Malam itu, Bu Wiwik membuka obrolan dengan topik yang sedang viral di media sosial. Ia menuliskan, “ Memuliakan murid". Kalimat itu langsung mengundang perhatian. Dalam hitungan menit, notifikasi pun berdering bertubi-tubi.
Salah satu anggota grup langsung menimpali dengan komentar singkat, “Yang mulia hah!” Spontan Bu Indri.
“Walah, kok mengingatkan masa lalu.”
“Lha teringat je, wkwkwk,” sahut anggota lain. Tak lama kemudian, Bu Wiwik mengirimkan gambar orang ketawa terbahak-bahak, membuat suasana makin cair.
Saya pun ikut berkomentar, “Masa lalu tak boleh dilupakan.” Sebagai guru IPS, tentu kalimat itu terasa pas, mengingat sejarah selalu mengajarkan untuk tidak melupakan jejak masa lampau. Segera Bu Wiwik menimpali, “Jas Merah ya!” – singkatan dari “Jangan Sekali-kali Meninggalkan Sejarah” yang populer dari Bung Karno.
“Betul...” jawab Bu Indri
Obrolan tidak berhenti di situ. Justru semakin melebar ke mana-mana. Pak Bambang tiba-tiba muncul dengan komentar yang membuat semua orang tertawa. “Aku ingat masa lalu, istriku malah marah ke aku, hhhh.”
Seakan tak mau kalah, Bu Wiwik langsung menimpali, “Lho, malah ingat pacar saat SMP!”
Tawa pun pecah. Saya sendiri spontan menambahkan komentar jahil, “Bukannya sampai saat ini masih SMP?” “Iya, SMPN 3.”
Semua yang membaca tak kuasa menahan senyum.
Pak Jum, yang memang sebentar lagi memasuki masa pensiun, ada di grup namun tidak ikut nimbrung. Saya menulis, “Pak Jum yang sebentar lagi lulus.” Membaca itu, Bu Indri cepat-cepat menambahkan, “Lulus cumlaude!” Lengkap sudah suasana keakraban malam itu.
Walaupun hanya lewat layar ponsel, kebersamaan terasa begitu hangat.

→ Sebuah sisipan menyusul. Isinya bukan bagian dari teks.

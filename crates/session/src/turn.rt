// One whole line's turn: what the program is at next, and what it wrote.
ghost use Rattle.std.specs.Prelude.{◌≡◌, length, take};
ghost use Rattle.fields.specs.Lines.{feed_at};
ghost use Rattle.fields.specs.Cut.{line_ending, line_in};
ghost use Rattle.session.specs.Feeding.{Heard, Wrote, advancing};
ghost use Rattle.session.specs.Turn.{hears, numbers_in, refusing, running_with, settles_to, turn_by, waits_for};
ghost use Rattle.lines.specs.Writing.{Written};
ghost use Rattle.controller.specs.Start.{start_of};

use crate::answer::put_answer;
use crate::carry::{first, take_on, unread};
use crate::stage::{Core, Stage};
use controller::{Controller, Said};
use fields::Carry;
use lines::Line;
use lines::read::First;
use lines::settle::{Settled, Wanted};
use lines::write::{Written, write_refusal};
use message::{Head, Message};
use units::{Refusal, RoundLabel};

// What is next stands beside what is written, which may be that there is no room: `line_done_by` goes by both.
#[derive(Clone, Copy)]
pub struct Turned {
    pub(crate) next: Core,
    pub(crate) written: Written,
}

impl Core {
    // Nothing is written.
    fn quiet(self) -> Turned
        ensures { result ≡ record { next = self; written = Ok 0 } }
    {
        Turned {
            next: self,
            written: Ok(0),
        }
    }

    fn refuse(self, why: Refusal, out: &mut [u8]) -> Turned
        ensures { Wrote (refusing self why) out.old out.new result }
    {
        Turned {
            next: self,
            written: write_refusal(why, out),
        }
    }

    // While the settings come.
    fn settle(self, settled: Settled, out: &mut [u8]) -> Turned
        ensures { Wrote (settles_to self settled.next settled.answer) out.old out.new result }
    {
        let Settled { next, answer } = settled;
        match answer {
            Ok(wanted) => match wanted {
                Wanted::More => self.settled(Stage::Settling, next).quiet(),
                Wanted::Whole => self.settled(Stage::Waiting, next).quiet(),
            },
            Err(why) => self.settled(Stage::Ended, next).refuse(why, out),
        }
    }

    fn begin(self, own: usize, floor: RoundLabel) -> Turned
        ensures { result ≡ record { next = running_with self (start_of (numbers_in self) own floor); written = Ok 0 } }
    {
        self.running(Controller::begin(self.numbers(), own, floor))
            .quiet()
    }

    // Before the first B every other message is 9.
    fn wait_for(self, head: Head, out: &mut [u8]) -> Turned
        ensures { Wrote (waits_for self head) out.old out.new result }
    {
        match head {
            Head::Start { own, floor } => self.begin(own, floor),
            _ => self.refuse(Refusal::Closed, out),
        }
    }

    // Before the first B.
    fn wait(self, line: Line, out: &mut [u8]) -> Turned
        ensures { Wrote (hears (λ a. waits_for self a.head) self line.message line.verdict) out.old out.new result }
    {
        match line.verdict {
            Err(why) => self.refuse(why, out),
            Ok(()) => self.wait_for(line.message.head, out),
        }
    }

    fn advance(self, message: Message, out: &mut [u8]) -> Turned
        ensures { Wrote (advancing self message) out.old out.new result }
    {
        let numbers = self.numbers();
        let Said {
            next,
            first,
            second,
            verdict,
        } = self.controller.advance(numbers, message);
        Turned {
            next: self.running(next),
            written: put_answer(next, numbers, first, second, verdict, out),
        }
    }

    // A running controller.
    fn run(self, line: Line, out: &mut [u8]) -> Turned
        ensures { Wrote (hears (advancing self) self line.message line.verdict) out.old out.new result }
    {
        match line.verdict {
            Err(why) => self.refuse(why, out),
            Ok(()) => self.advance(line.message, out),
        }
    }

    // The line that ends in an input, read where lines are read, and the place of its line feed.
    pub(crate) fn first(self, carry: Carry, input: &[u8]) -> First
        ensures { (result.feed ≡ feed_at input.now) × ((feed_at input.now ≡ length input.now → ⊥) → Heard self (line_ending carry input.now) result.line self.stage) }
    {
        match self.stage {
            Stage::Waiting | Stage::Running => first(carry, input, self.numbers().group),
            Stage::Settling | Stage::Ended => unread(input),
        }
    }

    // The turn of the line that ends with the first n bytes of an input; `line` is what it says, where lines are read.
    pub(crate) fn turn(
        self,
        line: Line,
        carry: Carry,
        input: &[u8],
        n: usize,
        out: &mut [u8],
    ) -> Turned
        requires { Heard self (line_in carry (take n input.now)) line self.stage }
        ensures { Wrote (turn_by advancing self (line_in carry (take n input.now)) self.stage) out.old out.new result }
    {
        match self.stage {
            Stage::Settling => self.settle(take_on(carry, self.settling, input, n), out),
            Stage::Waiting => self.wait(line, out),
            Stage::Running => self.run(line, out),
            Stage::Ended => self.quiet(),
        }
    }
}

Seakan-akan kami sedang duduk di ruang guru SMP, bercanda sambil menikmati teh hangat dan jajanan pasar. Obrolan ngalor-ngidul, saling melempar canda, diselingi gurauan khas yang hanya bisa dipahami oleh mereka yang akrab satu sama lain.
Saya merasa, ada sesuatu yang istimewa dalam percakapan itu. Biasanya, obrolan di grup hanya singkat, sering kali kaku dan seperlunya. Tetapi malam itu berbeda. Seakan ada energi kebersamaan yang menyatukan, membuat semua merasa dekat. Bahkan, nama grup “Suka-Suka Gue” benar-benar terasa sesuai: obrolan mengalir tanpa beban, sesuka hati, penuh warna.

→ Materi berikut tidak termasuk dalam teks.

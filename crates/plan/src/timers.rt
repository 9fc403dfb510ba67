// Handlers of C, E and V: readings due, collecting ends, voting ends.
ghost use Rattle.std.specs.Prelude.{◌≡◌};
ghost use Rattle.plan.specs.Timers.{asking, missing_runs, plan_due, plan_ends, plan_voting_ends};

use crate::brief::{Brief, Phase};
use crate::planned::{Effect, Plan, doing, refusal, sending, sending_both};
use message::Head;
use units::mask::mask_end;
use units::{Refusal, RoundLabel};

impl Brief {
    // The runs not held, as a mask.
    #[tactic(auto, unfolding(crate::specs::Timers::missing_runs))]
    fn missing_runs(self, m: usize) -> u32
        ensures { result ≡ missing_runs self m }
    {
        (mask_end(m) - 1).saturating_sub(self.held)
    }

    // Q for the runs not held, if any, then A if the state label is below label - 1.
    #[tactic(auto, unfolding(crate::specs::Timers::asking, units::specs::Pick::pick))]
    fn ask(self, m: usize) -> Plan
        ensures { result ≡ asking self m }
    {
        let Brief {
            own: sender,
            label,
            state,
            ..
        } = self;
        let mask = self.missing_runs(m);
        let query = Head::Query {
            sender,
            label,
            mask,
        };
        let advert = Head::Advert { sender, state };
        match (mask == 0, state.below(label.previous())) {
            (true, true) => sending(Effect::Keep, advert),
            (true, false) => doing(Effect::Keep),
            (false, true) => sending_both(Effect::Keep, query, advert),
            (false, false) => sending(Effect::Keep, query),
        }
    }

    // C.
    #[tactic(auto, unfolding(crate::specs::Timers::plan_due, crate::specs::Timers::in_due, units::specs::Pick::pick))]
    pub fn on_due(self, m: usize, label: RoundLabel) -> Plan
        ensures { result ≡ plan_due self m label }
    {
        if !label.same(self.label) {
            return refusal(Refusal::Other);
        }
        match self.phase {
            Phase::Collecting => self.ask(m),
            Phase::Idle | Phase::Pending | Phase::Voting => refusal(Refusal::Closed),
        }
    }

    // E: pending, and the label goes out to be stored as a floor.
    #[tactic(auto, unfolding(crate::specs::Timers::plan_ends, crate::specs::Timers::in_ends, units::specs::Pick::pick))]
    pub fn on_collecting_ends(self, label: RoundLabel) -> Plan
        ensures { result ≡ plan_ends self label }
    {
        if !label.same(self.label) {
            return refusal(Refusal::Other);
        }
        match self.phase {
            Phase::Collecting => sending(
                Effect::Go {
                    phase: Phase::Pending,
                },
                Head::Floor { label: self.label },
            ),
            Phase::Idle | Phase::Pending | Phase::Voting => refusal(Refusal::Closed),
        }
    }

    // V: the round ends undecided.
    #[tactic(auto, unfolding(crate::specs::Timers::plan_voting_ends, crate::specs::Timers::in_voting_ends, units::specs::Pick::pick))]
    pub fn on_voting_ends(self, label: RoundLabel) -> Plan
        ensures { result ≡ plan_voting_ends self label }
    {
        if !label.same(self.label) {
            return refusal(Refusal::Other);
        }
        match self.phase {
            Phase::Idle | Phase::Collecting | Phase::Pending => refusal(Refusal::Closed),
            Phase::Voting => Plan {
                effect: Effect::Go { phase: Phase::Idle },
                first: None,
                second: None,
                verdict: Err(Refusal::Undecided),
            },
        }
    }
}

Malam semakin larut, tetapi percakapan tak kunjung reda. Notifikasi tetap berbunyi satu demi satu. Ada yang menambahkan stiker, ada yang mengirim emotikon tertawa, ada pula yang hanya menuliskan “wkwkwk” berkali-kali. Bagi saya, momen seperti ini adalah salah satu bentuk kebersamaan yang langka. Tidak ada tekanan, tidak ada formalitas, hanya tawa yang tulus dan rasa persaudaraan.
Saya jadi teringat, betapa kebersamaan guru bukan hanya dibangun di ruang kelas atau saat rapat resmi. Justru lewat momen sederhana seperti ini, ikatan itu terasa kuat. Malam itu, kami seakan sedang berbagi ruang yang sama, walau dipisahkan oleh jarak rumah masing-masing.
Sabtu malam itu akhirnya terasa seperti malam yang penuh hangat, meskipun hanya melalui layar kecil ponsel. Saya merasa menjadi bagian dari sebuah keluarga besar yang selalu punya cara untuk menciptakan keceriaan.
Kebersamaan di grup WhatsApp “Suka-Suka Gue” malam itu seperti menghadirkan kembali suasana ruang guru Esmega: penuh canda, gurauan, dan cerita yang mengalir begitu saja. Sebuah bukti bahwa persaudaraan tidak selalu harus bertatap muka. Kadang, lewat pesan singkat di dunia maya pun, kehangatan bisa hadir nyata dan membuat hati terasa lebih ringan.